Researchers have devised a hybrid, hyperbolic–silicon photonic waveguide platform that transmits mid-IR and near-IR light at the same time, on the same chip, demonstrating dual-band optical processing. [Image: Caldwell Lab, Vanderbilt University]
As silicon waveguides carry more and more data through photonic chips, scientists have wished they could increase the bandwidth of the optical signals passing through these miniaturized platforms. Multiplexing near- and mid-infrared signals within the same waveguide, however, has challenged efforts to build chip-scale devices.
Now, researchers at a U.S. university have demonstrated a new hybrid waveguide that can carry mid-infrared (mid-IR, 6.5 μm to 7.0 μm) and near-infrared (near-IR, 1.55 μm) wavelengths simultaneously (Adv. Mater., doi: 10.1002/adma202004305). The waveguide, made of two different semiconductors, could form a key component of future integrated photonic structures that could handle data for telecommunications and chemical spectroscopy.
Stacking the components
The hybrid waveguide built at Vanderbilt University, USA, consists of a heterostructure of hexagonal boron nitride (hBN) and silicon. A heterostructure is “simply a stack of two different materials that share a common interface,” says Joshua D. Caldwell, an engineering professor at Vanderbilt. In this case, the materials are silicon and boron nitride—the latter in its most stable form, a hexagonal crystal lattice analogous to graphite.
Scientists already know how to make silicon waveguides to carry near-IR frequencies, but when they try to make mid-IR waves travel through the same material, they need to make the waveguide bigger. The problem is that a silicon waveguide large enough for mid-IR signals will mess up the near-IR transmission.
Enter hBN, which transmits the mid-IR waves as hyperbolic phonon polaritons.

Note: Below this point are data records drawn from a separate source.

//! What a book answers on one thread.
ghost use Rattle.std.specs.Prelude.{◌≡◌, ◌≤◌, ◌<◌};

use crate::table::Table;
use pssm_model::{TransId, VertexId};
use pssm_semantics::{ObjectId, Task};
use pssm_trials::{BOTH, Failure, surely};
use std::alloc::Global;
use std::marker::Brand;
use std::sync::ledger::{Blank, Ledger};

// `BOTH`, but that the first region leads to the object's end.
const ENDING: &[u8] = b"pssm-flat 1\nsignal Go 0\nclass M\nobject a M\nmachine M\nvar x 0\n\
    region r0 top\nregion r1 v1\nregion r2 v1\n\
    vertex v0 r0 initial\nvertex v1 r0 state S\nvertex v2 r1 initial\nvertex v3 r1 state P\n\
    vertex v4 r1 terminate\nvertex v5 r2 initial\nvertex v6 r2 state R\nvertex v7 r2 state R2\n\
    transition t0 v0 v1 external\ntransition t1 v2 v3 external\ntransition t2 v5 v6 external\n\
    transition t3 v3 v4 external\non Go\neffect x := x + 1;\n\
    transition t4 v6 v7 external\non Go\neffect x := x + 1;\nend\n";

// The effects of the start's two regions, and those of Go.
const T0: Task = Task::Effect(TransId(0));

const T1: Task = Task::Effect(TransId(1));

const T2: Task = Task::Effect(TransId(2));

const T3: Task = Task::Effect(TransId(3));

const T4: Task = Task::Effect(TransId(4));

/// A row of a book.
#[derive(Clone, Copy)]
pub enum BookRow {
    /// Of two effects that began with the same value the second is stale; it is done once it is claimed and run anew, and
    /// then all is quiet.
    Stale,
    /// A stale commit is told also where the journal is full.
    StaleInFull,
    /// Of two commits for which there is room for one the second is full, and its task is given back.
    Full,
    /// A book with no room is full at once.
    NoRoom,
    /// What is not claimed is gone, whatever it is.
    Unclaimed,
    /// What an object had out when it ended is gone.
    Ended,
    /// A task that is released is handed out again.
    Released,
    /// Where all is handed out, the answer says how much.
    Busy,
}

/// Tries a row.
pub fn try_on_book(alloc: Global, row: BookRow) -> Result<(), Failure> {
    try_on::<Brand>(alloc, Blank::new(1), row)
}

// The same, with the blank from which the ledger of the row's book is opened.
fn try_on<L: Ledger>(alloc: Global, blank: Blank, row: BookRow) -> Result<(), Failure>
    requires name { blank.name ≡ L.name }
    requires parts { blank.parts ≡ L.parts }
    requires some { 0 < blank.parts }
{
    let model = match row {
        BookRow::Ended => ENDING,
        _ => BOTH,
    };
    let has_go = !matches!(row, BookRow::Full | BookRow::Released | BookRow::Busy);
    let mut table = Table::<L>::new(alloc, blank, model, has_go, limit_of(row))?;
    match row {
        BookRow::Stale => stale(alloc, &mut table),
        BookRow::StaleInFull => stale_in_full(&mut table),
        BookRow::Full => full(&mut table),
        BookRow::NoRoom => table.claim_owes("full"),
        BookRow::Unclaimed => unclaimed(&mut table),
        BookRow::Ended => ended(&mut table),
        BookRow::Released => released(&mut table),
        BookRow::Busy => busy(&mut table),
    }
}

// How many entries a row's book has room for.
fn limit_of(row: BookRow) -> u32
    ensures { result ≤ 1000000 }
{
    match row {
        // 14 entries come before the two effects
        BookRow::StaleInFull => 15,
        // 6 entries come before the two effects of the regions
        BookRow::Full => 7,
        BookRow::NoRoom => 0,
        _ => 100,
    }
}

fn stale<L: Ledger>(alloc: Global, table: &mut Table<L>) -> Result<(), Failure> {
    table.hold(&[T3, T4])?;
    table.claim_owes("busy 2")?;
    table.commit_owes(T3, "done")?;
    table.commit_owes(T4, "stale variable 0 kept 1 carried 0")?;
    // it was given back with that answer, and is handed out anew
    table.commit_owes(T4, "gone effect t4")?;
    table.hold(&[T4])?;
    table.commit_owes(T4, "done")?;
    table.end_owes("quiet")?;
    table.claim_owes("quiet")?;
    table.entries_owe(18)?;
    surely(alloc, table.posted() == 1, "the stimulus is not posted")?;
    surely(alloc, table.is_quiet(), "the run is not quiet")?;
    // the post is the one output
    table.terms_owe(100, 1, 1)
}

fn stale_in_full<L: Ledger>(table: &mut Table<L>) -> Result<(), Failure> {
    table.hold(&[T3, T4])?;
    table.commit_owes(T3, "done")?;
    table.claim_owes("full")?;
    table.commit_owes(T4, "stale variable 0 kept 1 carried 0")
}

fn full<L: Ledger>(table: &mut Table<L>) -> Result<(), Failure> {
    table.hold(&[T1, T2])?;
    table.commit_owes(T1, "done")?;
    table.commit_owes(T2, "full")?;
    table.commit_owes(T2, "gone effect t2")?;
    table.claim_owes("full")?;
    table.entries_owe(7)
}

fn unclaimed<L: Ledger>(table: &mut Table<L>) -> Result<(), Failure> {
    table.hold(&[T0])?;
    // another task of the object, one that it does not have, and the task itself once it is done
    table.commit_as(T1, T0, "gone effect t1")?;
    table.commit_as(Task::Exit(VertexId(65535)), T0, "gone exit v65535")?;
    table.commit_as(Task::DoStep(VertexId(1), 9), T0, "gone do v1 9")?;
    table.commit_owes(T0, "done")?;
    table.commit_owes(T0, "gone effect t0")
}

fn ended<L: Ledger>(table: &mut Table<L>) -> Result<(), Failure> {
    table.hold(&[T3, T4])?;
    table.commit_owes(T3, "done")?;
    table.commit_owes(T4, "gone effect t4")?;
    table.end_owes("quiet")?;
    // up to the two exits, and the effect that ends the object
    table.entries_owe(15)
}

fn released<L: Ledger>(table: &mut Table<L>) -> Result<(), Failure> {
    table.hold(&[T0])?;
    // an object that there is not, and a task that is not claimed: nothing changes
    table.release(ObjectId(255), T0);
    table.release(ObjectId(0), T1);
    table.claim_owes("busy 1")?;
    table.release(ObjectId(0), T0);
    table.commit_owes(T0, "gone effect t0")?;
    table.claim_owes("job effect t0")?;
    table.commit_owes(T0, "done")?;
    table.end_owes("quiet")?;
    table.entries_owe(10)
}

fn busy<L: Ledger>(table: &mut Table<L>) -> Result<(), Failure> {
    table.hold(&[T0])?;
    table.claim_owes("busy 1")?;
    table.claim_owes("busy 1")?;
    table.commit_owes(T0, "done")?;
    table.hold(&[T1, T2])?;
    table.claim_owes("busy 2")?;
    table.commit_owes(T2, "done")?;
    // the entry that the effect leads to
    table.claim_owes("job enter v6")?;
    table.claim_owes("busy 2")
}
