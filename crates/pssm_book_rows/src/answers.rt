//! What a book answers, in words.
use pssm_book::{Claimed, Committed};
use pssm_semantics::Task;
use std::alloc::{AllocError as NoMemory, Global};

/// What there was to be claimed.
pub fn claimed_words(alloc: Global, claimed: &Claimed) -> Result<String, NoMemory> {
    match claimed {
        Claimed::Job(job) => {
            let task = task_words(alloc, job.task)?;
            format!(in alloc; "job {task}")
        }
        Claimed::Moved => String::from_str(alloc, "moved"),
        Claimed::Busy { out } => format!(in alloc; "busy {out}"),
        Claimed::Quiet => String::from_str(alloc, "quiet"),
        Claimed::Full => String::from_str(alloc, "full"),
    }
}

/// What came of a commit.
pub fn committed_words(alloc: Global, committed: Committed) -> Result<String, NoMemory> {
    match committed {
        Committed::Done => String::from_str(alloc, "done"),
        Committed::Gone { task } => {
            let task = task_words(alloc, task)?;
            format!(in alloc; "gone {task}")
        }
        Committed::Stale {
            variable,
            kept,
            carried,
        } => { format!(in alloc; "stale variable {variable} kept {kept} carried {carried}") }
        Committed::Full => String::from_str(alloc, "full"),
    }
}

// A task, as a journal spells its item.
fn task_words(alloc: Global, task: Task) -> Result<String, NoMemory> {
    match task {
        Task::Exit(vertex) => format!(in alloc; "exit v{}", vertex.0),
        Task::Effect(transition) => format!(in alloc; "effect t{}", transition.0),
        Task::Enter(vertex) => format!(in alloc; "enter v{}", vertex.0),
        Task::DoStep(vertex, step) => format!(in alloc; "do v{} {step}", vertex.0),
    }
}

First by mathematical modeling and then by experimental work, the Vanderbilt team demonstrated that the researchers could form the hybrid arrangement by first etching waveguides into a slab of silicon some 220 nm thick, then transferring a 40-nm-thick layer of hBN on top of it. Scanning near-field optical microscopy allowed the team to analyze the modes of the signals passing through the heterostructure.
Caldwell says that the heterostructure has many potential uses. “One is to use the mid-IR channel for chemical sensing, which could ‘inform’ the near-IR channel that a detection event occurred that could be used to route the signal to where it could be read out,” he explains. “Also, modulation of the mid-IR channel could be used to modify the local environment of the underlying silicon channel, thereby providing a means of actively modulating the near-IR signal. Finally, they could simply be used to transmit two different pieces of information in the same form factor.”
Next, Caldwell says he and his colleagues will investigate the integration of these hybrid heterostructures into functional silicon photonic structures, such as ring resonators and photonic crystals, to see if they can demonstrate near- and mid-IR multiplexing as well.
Researchers from three other U.S. institutions—the University of Iowa, Columbia University and Kansas State University—participated in the study.